Make dropping dst unconditional for bpf_skb_change_proto() and all
L3 encap / decap ops.

Link: https://lore.kernel.org/CANP3RGfRaYwve_xgxH6Tp2zenzKn2-DjZ9tg023WVzfdJF3p_w@mail.gmail.com
Signed-off-by: Jakub Kicinski <kuba@kernel.org>
---
v2:
 - move the pointer recalc
v1: https://lore.kernel.org/20260319234531.3022634-1-kuba@kernel.org

CC: maze@google.com
CC: willemdebruijn.kernel@gmail.com

CC: ast@kernel.org
CC: daniel@iogearbox.net
CC: andrii@kernel.org
CC: martin.lau@linux.dev
CC: eddyz87@gmail.com
CC: song@kernel.org
CC: yonghong.song@linux.dev
CC: john.fastabend@gmail.com
CC: kpsingh@kernel.org
CC: sdf@fomichev.me
CC: haoluo@google.com
CC: jolsa@kernel.org
CC: bpf@vger.kernel.org
---
 net/core/filter.c | 50 +++++++++++++++++++++++++----------------------
 1 file changed, 27 insertions(+), 23 deletions(-)
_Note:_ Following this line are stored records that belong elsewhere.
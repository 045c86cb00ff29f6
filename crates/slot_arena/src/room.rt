//! Slots in one block of memory, seen as a list with room for more.
ghost use Rattle.std.specs.Prelude.{◌≡◌, ◌+◌, ◌<◌, ◌≤◌, ◌^◌, List, [], ◌∷◌, ◌++◌, length, slice_get, slice_set, replicate, Some, None, IfOk, IfSome, IfNone, OnOk, OnErr};
ghost use Rattle.std.specs.Borrow.{sem};
ghost use Rattle.slot_arena.specs.Laid.{laid, values_in};

use crate::block::{Block, Deed, allocate, fits_in_memory, free};
use std::alloc::Global;
use std::marker::Model;
use std::mem;
use value_core::Memory;

/// The first `used` slots of a block hold values.
pub(crate) struct Room<S> {
    block: Block<S>,
    deed: Deed<S, Global>,
    alloc: Global,
    used: usize,
    capacity: usize,
}

impl<S> Model for Room<S> {
    ghost use Rattle.std.specs.Prelude.{◌≡◌};
    ghost use Rattle.slot_arena.specs.Places.{Places};

    ghost Value = { Places S };

    ghost use Rattle.slot_arena.specs.Laid.{values_in, IsLaid};

    ghost view = { λ r. record { slots = values_in r.block.places; capacity = r.capacity } };

    ghost invariant = { λ r. IsLaid r.block.places r.used r.capacity × (r.deed.at ≡ r.block.at) × (r.deed.count ≡ r.capacity) × (r.deed.alloc ≡ r.alloc) };
}

impl<S: Drop> Drop for Room<S> {
    fn drop(mut self) {
        while let Some(slot) = self.pop() {
            drop(slot);
        }
        self.free_empty();
    }
}

// Moves the `count` values of one block to another.
fn move_values<S>(from: &mut Block<S>, to: &mut Block<S>, count: usize)
    requires lie { from.old.places ≡ laid (values_in from.old.places) (length from.old.places) }
    requires counted { count ≡ length (values_in from.old.places) }
    requires empty { to.old.places ≡ replicate (length to.old.places) None }
    requires room { count ≤ length to.old.places }
    ensures at { (from.new.at ≡ from.old.at) × (to.new.at ≡ to.old.at) }
    ensures emptied { from.new.places ≡ replicate (length from.old.places) None }
    ensures moved { to.new.places ≡ laid (values_in from.old.places) (length to.old.places) }
{
    for place in 0..count {
        let value = from.replace(place, None);
        match to.replace(place, value) {
            None => {}
            Some(_) => unreachable!(),
        }
    }
}

impl<S> Room<S> {
    ghost use Rattle.slot_arena.specs.RoomLends.{LendsAt};

    /// Takes memory for `capacity` slots, none of which is used.
    pub(crate) fn new(alloc: Global, capacity: usize) -> Result<Room<S>, Memory>
        ensures { IfOk result (λ r. r ≡ record { slots = []; capacity = capacity }) }
    {
        if !fits_in_memory::<S>(capacity) {
            return Err(Memory);
        }
        let (block, deed) = allocate(&alloc, capacity)?;
        Ok(Room {
            block,
            deed,
            alloc,
            used: 0,
            capacity,
        })
    }

    pub(crate) fn len(&self) -> usize
        ensures { result ≡ length self.now.slots }
    {
        self.used
    }

    pub(crate) fn capacity(&self) -> usize
        ensures { result ≡ self.now.capacity }
    {
        self.capacity
    }

    /// Moves the slots to memory for `capacity` slots. Without memory nothing changes.
    pub(crate) fn move_to(&mut self, capacity: usize) -> Result<(), Memory>
        requires { self.old.capacity ≤ capacity }
        ensures slots { self.new.slots ≡ self.old.slots }
        ensures ok { OnOk result (self.new.capacity ≡ capacity) }
        ensures err { OnErr result (self.new ≡ self.old) }
    {
        if !fits_in_memory::<S>(capacity) {
            return Err(Memory);
        }
        let (mut block, deed) = allocate(&self.alloc, capacity)?;
        move_values(&mut self.block, &mut block, self.used);
        let block = mem::replace(&mut self.block, block);
        let deed = mem::replace(&mut self.deed, deed);
        free(&self.alloc, block, deed, self.capacity);
        self.capacity = capacity;
        Ok(())
    }

    /// The slot at a place.
    pub(crate) fn at(&self, place: usize) -> &S
        requires { place < length self.now.slots }
        ensures { slice_get self.now.slots place ≡ Some result.now }
    {
        self.block.get(place)
    }

    /// The slot at a place, for writing.
    pub(crate) fn at_mut(&mut self, place: usize) -> &mut S
        requires { place < length self.old.slots }
        ensures* writes_back { sem 𝓛 (LendsAt S.row self.entry place result) }
        ensures slot { slice_get self.old.slots place ≡ Some result.now }
    {
        self.block.get_mut(place)
    }

    /// Uses one slot more.
    pub(crate) fn push(&mut self, slot: S)
        requires { length self.old.slots < self.old.capacity }
        ensures { self.new ≡ record self.old { slots = self.old.slots ++ slot ∷ [] } }
    {
        match self.block.replace(self.used, Some(slot)) {
            None => {}
            Some(_) => unreachable!(),
        }
        self.used += 1;
    }

    /// Puts a slot at a place, and hands out the one that was there.
    pub(crate) fn replace(&mut self, place: usize, slot: S) -> S
        requires { place < length self.old.slots }
        ensures was { slice_get self.old.slots place ≡ Some result }
        ensures slots { self.new ≡ record self.old { slots = slice_set self.old.slots place slot } }
    {
        mem::replace(self.at_mut(place), slot)
    }

    // Takes out the last slot, if one is used.
    fn pop(&mut self) -> Option<S>
        ensures taken { IfSome result (λ slot. self.old ≡ record self.new { slots = self.new.slots ++ slot ∷ [] }) }
        ensures none { IfNone result ((self.old.slots ≡ []) × (self.new ≡ self.old)) }
    {
        if self.used == 0 {
            return None;
        }
        self.used -= 1;
        self.block.replace(self.used, None)
    }

    // Gives the memory back.
    fn free_empty(self)
        requires { self.slots ≡ [] }
    {
        let Room {
            block,
            deed,
            alloc,
            used: _,
            capacity,
        } = self;
        free(&alloc, block, deed, capacity);
    }
}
diff --git a/net/core/filter.c b/net/core/filter.c
index 78b548158fb0..8a352257656e 100644
--- a/net/core/filter.c
+++ b/net/core/filter.c
@@ -3257,13 +3257,6 @@ static const struct bpf_func_proto bpf_skb_vlan_pop_proto = {
 	.arg1_type      = ARG_PTR_TO_CTX,
 };
 
-static void bpf_skb_change_protocol(struct sk_buff *skb, u16 proto)
-{
-	skb->protocol = htons(proto);
-	if (skb_valid_dst(skb))
-		skb_dst_drop(skb);
-}
-
 static int bpf_skb_generic_push(struct sk_buff *skb, u32 off, u32 len)
 {
 	/* Caller already did skb_cow() with meta_len+len as headroom,
@@ -3362,7 +3355,7 @@ static int bpf_skb_proto_4_to_6(struct sk_buff *skb)
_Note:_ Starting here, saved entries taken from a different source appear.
ghost use Rattle.std.specs.Prelude.{◌≡◌, [], ◌++◌, ◌<◌, ◌≤◌, true, length, is_ok, not, IsTrue, IsErr, IfOk, OnOk, OnErr};
ghost use Rattle.outside_core.specs.Counts.{count_end};
ghost use Rattle.outside_core.specs.Schedule.{schedule, is_refused, after_call};

use crate::calls::Calls;
use crate::failed::Failed;
use crate::sink::Sink;
use std::alloc::Global;
use std::marker::Model;

/// A sink in memory. It takes each piece whole and keeps the bytes.
#[derive(Drop)]
pub struct MemSink {
    bytes: Vec<u8>,
    calls: Calls,
}

impl Model for MemSink {
    ghost use Rattle.outside_core.specs.States.{MemSinkState};

    ghost Value = { MemSinkState };

    ghost view = { λ sink. record { taken = sink.bytes.items; calls = sink.calls } };
}

impl MemSink {
    /// A sink that took nothing. The calls with a number in `fails` fail; a write and a flush are
    /// calls, and the first has number 0.
    pub fn new(alloc: Global, fails: Vec<u64>) -> MemSink
        ensures { result ≡ record { taken = []; calls = schedule fails.items } }
    {
        MemSink {
            bytes: Vec::new(alloc),
            calls: Calls::new(fails),
        }
    }

    /// What it took.
    pub fn bytes(&self) -> &[u8]
        ensures { result.now ≡ self.now.taken }
    {
        self.bytes.as_slice()
    }

    /// How many calls failed.
    pub fn faults(&self) -> u64
        ensures { result ≡ self.now.calls.faults }
    {
        self.calls.faults()
    }
}

impl Sink for MemSink {
    ghost faults = { λ sink. sink.calls.faults };

    ghost tells = { true };

    ghost taken = { λ sink. sink.taken };

    /// Takes the whole piece, unless the call is to fail or there is no memory for it.
    fn write(&mut self, piece: &[u8]) -> Result<usize, Failed>
        ensures whole { IfOk result (λ n. n ≡ length piece.now) }
        ensures refused { IsTrue (is_refused self.old.calls) → IsErr result }
        ensures ok { OnOk result (self.new.taken ≡ self.old.taken ++ piece.now) }
        ensures err { OnErr result (self.new.taken ≡ self.old.taken) }
        ensures calls { self.new.calls ≡ after_call self.old.calls (is_ok result) }
        ensures bounded { self.new.calls.faults ≤ count_end }
    {
        self.calls.make()?;
        match self.bytes.extend_from_slice(piece) {
            Ok(()) => Ok(piece.len()),
            Err(_) => Err(self.calls.refuse()),
        }
    }

    fn flush(&mut self) -> Result<(), Failed>
        ensures answer { is_ok result ≡ not (is_refused self.old.calls) }
        ensures after { self.new
            ≡ record self.old { calls = after_call self.old.calls (is_ok result) } }
        ensures bounded { self.new.calls.faults ≤ count_end }
    {
        self.calls.make()
    }
}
 		shinfo->gso_type |=  SKB_GSO_DODGY;
 	}
 
-	bpf_skb_change_protocol(skb, ETH_P_IPV6);
+	skb->protocol = htons(ETH_P_IPV6);
 	skb_clear_hash(skb);
 
 	return 0;
@@ -3393,7 +3386,7 @@ static int bpf_skb_proto_6_to_4(struct sk_buff *skb)
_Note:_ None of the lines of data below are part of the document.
ghost use Rattle.std.specs.Prelude.{◌≡◌, ◌<◌, ◌≤◌, length, IfOk};
ghost use Rattle.std.specs.Io.KnownBytes.{Keeps, WriteAppends};
ghost use Rattle.outside_core.specs.Streams.{written_stream};
ghost use Rattle.outside_core.specs.Counts.{count_end, count_after};

use crate::failed::Failed;
use crate::faults::Faults;
use crate::sink::Sink;
use std::io::Write;

/// A real stream that is written, as the standard output. It tells nothing of its content.
#[derive(Drop)]
pub struct StreamSink<W> {
    to: W,
    faults: Faults,
}

impl<W: Write> StreamSink<W> {
    /// Writes to a stream, such as the standard output that the runtime gives.
    pub fn new(to: W) -> StreamSink<W>
        ensures { ⟦<StreamSink<W> as Sink>⟧.faults result ≡ 0 }
    {
        StreamSink {
            to,
            faults: Faults::new(),
        }
    }

    /// How many calls failed.
    pub fn faults(&self) -> u64
        ensures { result ≡ ⟦<StreamSink<W> as Sink>⟧.faults self.now }
    {
        self.faults.count()
    }
}

impl<W: Write> Sink for StreamSink<W> {
    ghost faults = { λ sink. sink.faults };

    /// Takes what the stream takes. A stream that takes nothing of a piece has failed.
    fn write(&mut self, piece: &[u8]) -> Result<usize, Failed>
        ensures counted { ⟦<StreamSink<W> as Sink>⟧.faults self.new
            ≡ count_after result (⟦<StreamSink<W> as Sink>⟧.faults self.old) }
        ensures bounded { ⟦<StreamSink<W> as Sink>⟧.faults self.new ≤ count_end }
        ensures within { IfOk result (λ n. n ≤ length piece.now) }
        ensures some { IfOk result (λ n. 0 < length piece.now → 0 < n) }
        ensures bytes { WriteAppends (W.contents (written_stream self.old))
            (W.contents (written_stream self.new)) result piece.now }
    {
        let answer = match self.to.write(piece) {
            Ok(0) if !piece.is_empty() => Err(Failed),
            Ok(count) => Ok(count),
            Err(_) => Err(Failed),
        };
        self.faults.counted(answer)
    }

    fn flush(&mut self) -> Result<(), Failed>
        ensures counted { ⟦<StreamSink<W> as Sink>⟧.faults self.new
            ≡ count_after result (⟦<StreamSink<W> as Sink>⟧.faults self.old) }
        ensures bounded { ⟦<StreamSink<W> as Sink>⟧.faults self.new ≤ count_end }
        ensures bytes { Keeps (W.contents (written_stream self.old))
            (W.contents (written_stream self.new)) }
    {
        let answer = self.to.flush();
        self.faults.counted(answer)
    }
}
 		shinfo->gso_type |=  SKB_GSO_DODGY;
 	}
 
-	bpf_skb_change_protocol(skb, ETH_P_IP);
+	skb->protocol = htons(ETH_P_IP);
 	skb_clear_hash(skb);
 
 	return 0;
@@ -3441,7 +3434,13 @@ BPF_CALL_3(bpf_skb_change_proto, struct sk_buff *, skb, __be16, proto,
 	 */
 	ret = bpf_skb_proto_xlat(skb, proto);
 	bpf_compute_data_pointers(skb);
-	return ret;
+	if (ret)
+		return ret;
+
+	if (skb_valid_dst(skb))
+		skb_dst_drop(skb);
+
+	return 0;
 }
 
 static const struct bpf_func_proto bpf_skb_change_proto_proto = {
@@ -3583,12 +3582,13 @@ static int bpf_skb_net_grow(struct sk_buff *skb, u32 off, u32 len_diff,
 		}
 
 		/* Match skb->protocol to new outer l3 protocol */
-		if (skb->protocol == htons(ETH_P_IP) &&
-		    flags & BPF_F_ADJ_ROOM_ENCAP_L3_IPV6)
-			bpf_skb_change_protocol(skb, ETH_P_IPV6);
-		else if (skb->protocol == htons(ETH_P_IPV6) &&
-			 flags & BPF_F_ADJ_ROOM_ENCAP_L3_IPV4)
-			bpf_skb_change_protocol(skb, ETH_P_IP);
+		if (flags & BPF_F_ADJ_ROOM_ENCAP_L3_IPV6)
+			skb->protocol = htons(ETH_P_IPV6);
+		else if (flags & BPF_F_ADJ_ROOM_ENCAP_L3_IPV4)
+			skb->protocol = htons(ETH_P_IP);
+
+		if (skb_valid_dst(skb))
+			skb_dst_drop(skb);
 	}
 
 	if (skb_is_gso(skb)) {
@@ -3616,6 +3616,7 @@ static int bpf_skb_net_grow(struct sk_buff *skb, u32 off, u32 len_diff,
 static int bpf_skb_net_shrink(struct sk_buff *skb, u32 off, u32 len_diff,
 			      u64 flags)
 {
+	bool decap = flags & BPF_F_ADJ_ROOM_DECAP_L3_MASK;
 	int ret;
 
 	if (unlikely(flags & ~(BPF_F_ADJ_ROOM_FIXED_GSO |
@@ -3638,13 +3639,16 @@ static int bpf_skb_net_shrink(struct sk_buff *skb, u32 off, u32 len_diff,
 	if (unlikely(ret < 0))
 		return ret;
 
-	/* Match skb->protocol to new outer l3 protocol */
-	if (skb->protocol == htons(ETH_P_IP) &&
-	    flags & BPF_F_ADJ_ROOM_DECAP_L3_IPV6)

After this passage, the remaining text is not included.